Dilation- Increases P driving ultrafiltration, so GFR increases.

EFFERENT ARTERIOLES
Constriction- Causes P to back up within capillary. GFR increases.
Dilation- Allows blood to easily escape the capillary and P falls. GFR falls.

Question 28

Draw a diagram showing change in RBF and GFR with changing Arterial BP.

Answer 28

RBF essentially constant over wide range of BP. Hence GFR essentially constant over wide range of BP.

Refer to lecture slides, page 7 second slide.

Question 29

Identify factors which can result in the release of renin (and therefore trigger the renin-angiotensin mechanism as part of the extrinsic control of GFR).

Answer 29

1) Reduced stretch of the granular JG cells.

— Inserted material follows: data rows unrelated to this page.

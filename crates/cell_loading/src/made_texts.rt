ghost use Rattle.std.specs.Prelude.{◌≡◌, IfOk, map};
ghost use Rattle.cell_load.specs.Views.{view_modules};
ghost use Rattle.cell_loading.specs.LoadFiles.{module_named};
ghost use Rattle.cell_loading.specs.Loaded.{bytes_of, names_in_turn};

use std::alloc::{AllocError, Global};

/// The texts of the modules with these names, in order.
pub fn own_texts(
    alloc: Global,
    modules: &[(String, Vec<u8>)],
    names: &[&str],
) -> Result<Vec<Vec<u8>>, AllocError>
    ensures { IfOk result (λ texts. bytes_of texts.items ≡ map (module_named (view_modules modules.now)) (names_in_turn names.now)) }
{
    let mut texts = Vec::new(alloc);
    for name in names {
        let text = module_named(modules, name);
        texts.push(Vec::from_slice(alloc, text)?)?;
    }
    Ok(texts)
}

/// The text of the module with this name, or an empty one if no module has it.
fn module_named<'a>(modules: &'a [(String, Vec<u8>)], name: &str) -> &'a [u8]
    ensures { result.now ≡ module_named (view_modules modules.now) name.now }
{
    for (key, text) in modules {
        if name == key.as_str() {
            return text.as_slice();
        }
    }
    b""
}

A drop in mean systemic blood pressure below 80 mm Hg (as might be due to hemorrhage, dehydration, etc.) reduces the stretch of the JG cells and stimulates them to release more renin.
2) Stimulation of the JG cells by input from activated macula densa cells. Under conditions in which the macula densa cells prompt a reduced release of the vasoconstrictor chemical (promoting vasodilation of the afferent arteriole), they also stimulate the JG cells to release renin.
3) Direct stimulation of JG cells via b1-adrenergic receptors by renal sympathetic nerves.